Our results demonstrate a unified and general approach to
study the circuit mechanisms of ethological retinal
computations under natural visual scenes.
This was a big collaboration over the course of many years.
I love this work because it is a beautiful demonstration
of how to establish an isomorphism between biological and artificial
neural networks, and it shows how you can use that sort
of model for interpreting the real biological
neural code. I am a co-first author on this work for writing
most of the project code, developing many architectural improvements,
and developing much of the interneuron comparisons.
Date Published: March 4, 2022
Journal/Venue: Asilomar
Xuehao Ding, Dongsoo Lee, Satchel Grant, Heike Stein, Lane McIntosh, Niru Maheswaranathan, Stephen Baccus
Abstract:
The visual system processes stimuli over a wide range of
spatiotemporal scales, with individual neurons receiving
input from tens of thousands of neurons whose dynamics
range from milliseconds to tens of seconds. This poses a
challenge to create models that both accurately capture visual
computations and are mechanistically interpretable. Here we
present a model of salamander retinal ganglion cell spiking
responses recorded with a multielectrode array that captures
natural scene responses and slow adaptive dynamics. The model
consists of a three-layer convolutional neural network (CNN)

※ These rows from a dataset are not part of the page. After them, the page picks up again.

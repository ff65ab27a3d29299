// The commands at a shelf, and those that lay something on it: `take-in` and `close`.
ghost use Rattle.std.specs.Prelude.{◌≡◌, ◌⊎◌, ⊤, true, false, length, is_ok, IfOk, OnOk, IsSomeAnd, MatchOption, MatchResult};
ghost use Rattle.filing.specs.declared.faults.VolumeFault.{VolumeFault};
ghost use Rattle.tifrozel.specs.declared.shelves.Seat.TheVariants.{NoShelf, At, Shut, Unwritten};
ghost use Rattle.archive.specs.Archives.{closing_answer};
ghost use Rattle.tifrozel.specs.Commands.{Does, Kept, Lays, Leaves, LeavesTaking, LeavesClosing, file_answer};

use crate::answers::{Done, Undone, bytes_of, entries, not_run, refused, say};
use crate::balances::balance;
use crate::disk::replace;
use crate::reading::{fetch, plain, show};
use crate::requests::{AtShelf, FileAsked};
use crate::words::EditionName;
use archive::{Archive, NotLaid};
use filing::{Standing, VolumeFault};
use shelf::Shelf;
use std::{fmt, fs, io};
use sums::Row;

// How it stands with the shelf of this run.
#[derive(Drop)]
pub enum Seat<S: Shelf> {
    NoShelf,
    At(Archive<S>),
    // opening it was refused
    Shut(VolumeFault),
    // something was laid that is not known to be in its file
    Unwritten,
}

// What is left of the shelf's standing by a command, and whether it did what it was asked.
pub type Turn<S> = (Seat<S>, Done);

// What is left of an archive by a command: none where something was laid that could not be written.
type Left<S> = (Option<Archive<S>>, Done);

const UNWRITTEN: &str =
    "an earlier command could not write the shelf; start again from what is on disk";

// A shelf's file, and how many bytes of it this run has read or written.
#[derive(Clone, Copy)]
pub struct ShelfFile<'a> {
    pub path: &'a str,
    pub size: usize,
}

// Puts what stands in the archive into the shelf's file.
fn keep<S: Shelf + Drop>(
    rt: &HostRuntime,
    archive: &Archive<S>,
    file: &mut ShelfFile<'_>,
) -> io::Result<()> {
    let bytes = archive.bytes(rt.alloc())?;
    replace(rt, file.path, file.size, &bytes)?;
    file.size = bytes.len();
    Ok(())
}

// What was laid is put into the file, and only then is said. Where it cannot be, the command says that.
fn laid<S: Shelf + Drop, W: fmt::Display + Drop>(
    rt: &HostRuntime,
    head: &str,
    archive: Archive<S>,
    file: &mut ShelfFile<'_>,
    done: W,
) -> Left<S>
    ensures { MatchOption result.0 ⊤ (λ a. (a.shelf ≡ archive.shelf) × (a.volume ≡ archive.volume)) }
{
    match keep(rt, &archive, file) {
        Ok(()) => (Some(archive), say(rt, head, done)),
        Err(e) => {
            let path = file.path;
            let said = not_run(rt, head, format_args!("cannot write {path}: {e}"));
            (None, said)
        }
    }
}

fn open<S: Shelf + Drop>(rt: &HostRuntime, head: &str, archive: Archive<S>) -> Left<S>
    ensures { IsSomeAnd result.0 (λ a. (a.shelf ≡ archive.shelf) × (a.volume ≡ archive.volume)) }
{
    let archive = archive.reopen();
    let found = archive.opened();
    let many = entries(found.entries);
    let said = match found.standing {
        Standing::Open => say(rt, head, format_args!("{many}, open")),
        Standing::Closed => say(rt, head, format_args!("{many}, closed")),
    };
    (Some(archive), said)
}

// What taking in is handed beside the shelf.
#[derive(Drop)]
struct Brought {
    file: Vec<u8>,
    edition: EditionName,
    payers: Vec<Row<u64>>,
}

fn bring(rt: &HostRuntime, head: &str, asked: FileAsked, payers: usize) -> Result<Brought, Undone>
    ensures { IfOk result (λ b. (b.edition ≡ asked.entry.edition) × (length b.payers.items ≡ payers)) }
{
    let file = bytes_of(rt, head, asked.path, fs::read(rt, asked.path))?;
    let payers = vec![in rt.alloc(); Row::zero(); payers]?;
    Ok(Brought {
        file,
        edition: asked.edition,
        payers,
    })
}

fn take_in<S: Shelf + Drop>(
    rt: &HostRuntime,
    head: &str,
    mut archive: Archive<S>,
    file: &mut ShelfFile<'_>,
    brought: Result<Brought, Undone>,
) -> Left<S>
    ensures left { MatchOption result.0 ⊤ (λ a. MatchResult brought (λ b. LeavesTaking (length b.payers.items) b.edition b.file.items (S.room archive.shelf) (S.records archive.shelf) archive.volume (S.records a.shelf) a.volume) (λ _. Kept (S.records archive.shelf) archive.volume (S.records a.shelf) a.volume)) }
    ensures limit { MatchOption result.0 ⊤ (λ a. S.room a.shelf ≡ S.room archive.shelf) }
    ensures done { OnOk result.1 (MatchResult brought (λ b. is_ok (file_answer (length b.payers.items) b.edition b.file.items (S.room archive.shelf) (S.records archive.shelf) archive.volume) ≡ true) (λ _. ⊥)) }
{
    let mut brought = match brought {
        Ok(brought) => brought,
        Err(e) => return (Some(archive), Err(e)),
    };
    match archive.take_in(&brought.file, &brought.edition, &mut brought.payers) {
        Ok(entry) => laid(rt, head, archive, file, format_args!("entry {entry}")),
        Err(NotLaid::Closed) => (
            Some(archive),
            not_run(rt, head, "the volume is closed; use another shelf"),
        ),
        Err(NotLaid::Refused(fault)) => (Some(archive), refused(rt, head, fault)),
    }
}

fn close<S: Shelf + Drop>(
    rt: &HostRuntime,
    head: &str,
    archive: Archive<S>,
    file: &mut ShelfFile<'_>,
) -> Left<S>
    ensures left { MatchOption result.0 ⊤ (λ a. LeavesClosing (S.records archive.shelf) archive.volume (S.records a.shelf) a.volume) }
    ensures limit { MatchOption result.0 ⊤ (λ a. S.room a.shelf ≡ S.room archive.shelf) }
    ensures done { OnOk result.1 (is_ok (closing_answer archive.volume) ≡ true) }
{
    let (archive, answer) = archive.close();
    match answer {
        Ok(many) => {
            let many = entries(many);
            laid(rt, head, archive, file, format_args!("{many}, closed"))
        }
        Err(NotLaid::Closed) => (Some(archive), not_run(rt, head, "the volume is closed")),
        Err(NotLaid::Refused(fault)) => (Some(archive), refused(rt, head, fault)),
    }
}

// Runs a command at an archive.
fn at_archive<S: Shelf + Drop>(
    rt: &HostRuntime,
    head: &str,
    archive: Archive<S>,
    file: &mut ShelfFile<'_>,
    asked: AtShelf,
    payers: usize,
) -> Left<S>
    ensures left { MatchOption result.0 (Lays asked.entry) (λ a. Leaves asked.entry payers (S.room archive.shelf) (S.records archive.shelf) archive.volume (S.records a.shelf) a.volume) }
    ensures limit { MatchOption result.0 ⊤ (λ a. S.room a.shelf ≡ S.room archive.shelf) }
    ensures done { OnOk result.1 (Does asked.entry payers (S.room archive.shelf) (S.records archive.shelf) archive.volume) }
{
    match asked {
        AtShelf::Open => open(rt, head, archive),
        AtShelf::TakeIn(asked) => {
            let brought = bring(rt, head, asked, payers);
            take_in(rt, head, archive, file, brought)
        }
        AtShelf::Close => close(rt, head, archive, file),
        AtShelf::Fetch { entry, number } => {
            let fetched = fetch(rt, head, &archive, entry, number);
            (Some(archive), fetched)
        }
        AtShelf::Balance => {
            let balanced = balance(rt, head, &archive);
            (Some(archive), balanced)
        }
        AtShelf::Show(asked) => {
            let shown = show(rt, head, &archive, asked);
            (Some(archive), shown)
        }
        AtShelf::Plain { asked, path } => {
            let copied = plain(rt, head, &archive, asked, path);
            (Some(archive), copied)
        }
    }
}

fn seat_of<S: Shelf + Drop>(left: Option<Archive<S>>) -> Seat<S>
    ensures { MatchOption left (result ≡ Unwritten) (λ a. result ≡ At a) }
{
    match left {
        Some(archive) => Seat::At(archive),
        None => Seat::Unwritten,
    }
}

// Runs a command at the shelf, if there is one to run it at.
pub fn at_seat<S: Shelf + Drop>(
    rt: &HostRuntime,
    head: &str,
    seat: Seat<S>,
    file: &mut ShelfFile<'_>,
    asked: AtShelf,
    payers: usize,
) -> Turn<S>
    ensures none { seat ≡ NoShelf → (result.0 ≡ NoShelf) × (is_ok result.1 ≡ false) }
    ensures shut { (e : VolumeFault) → seat ≡ Shut e → (result.0 ≡ Shut e) × (is_ok result.1 ≡ false) }
    ensures unwritten { seat ≡ Unwritten → (result.0 ≡ Unwritten) × (is_ok result.1 ≡ false) }
    ensures archive { (a : _) → seat ≡ At a → ((result.0 ≡ Unwritten) × Lays asked.entry) ⊎ ((after : _) × ((result.0 ≡ At after) × Leaves asked.entry payers (S.room a.shelf) (S.records a.shelf) a.volume (S.records after.shelf) after.volume)) }
    ensures done { (a : _) → seat ≡ At a → OnOk result.1 (Does asked.entry payers (S.room a.shelf) (S.records a.shelf) a.volume) }
{
    match seat {
        Seat::NoShelf => (Seat::NoShelf, not_run(rt, head, "no shelf is named")),
        Seat::Shut(fault) => (Seat::Shut(fault), refused(rt, head, fault)),
        Seat::Unwritten => (Seat::Unwritten, not_run(rt, head, UNWRITTEN)),
        Seat::At(archive) => {
            let (left, answer) = at_archive(rt, head, archive, file, asked, payers);
            (seat_of(left), answer)
        }
    }
}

modified to include local recurrent synaptic dynamics taken
from a linear-nonlinear-kinetic (LNK) model. We presented
alternating natural scenes and uniform field white noise
stimuli designed to engage slow contrast adaptation. To overcome
difficulties fitting slow and fast dynamics together, we
first optimized all fast spatiotemporal parameters, then
separately optimized recurrent slow synaptic parameters. The
resulting full model reproduces a wide range of retinal
computations and is mechanistically interpretable, having
internal units that correspond to retinal interneurons with
biophysically modeled synapses. This model allows us to
study the contribution of model units to any retinal computation,
and examine how long-term adaptation changes the retinal neural
code for natural scenes through selective adaptation of
retinal pathways.
This project was a good extension of the CNN retinal model
that I listed earlier. In this work, we managed to give
the CNN model recurrence and used previous kinetics constants
to get the model to exhibit slow adaptation (something
that was lacking from the previous work).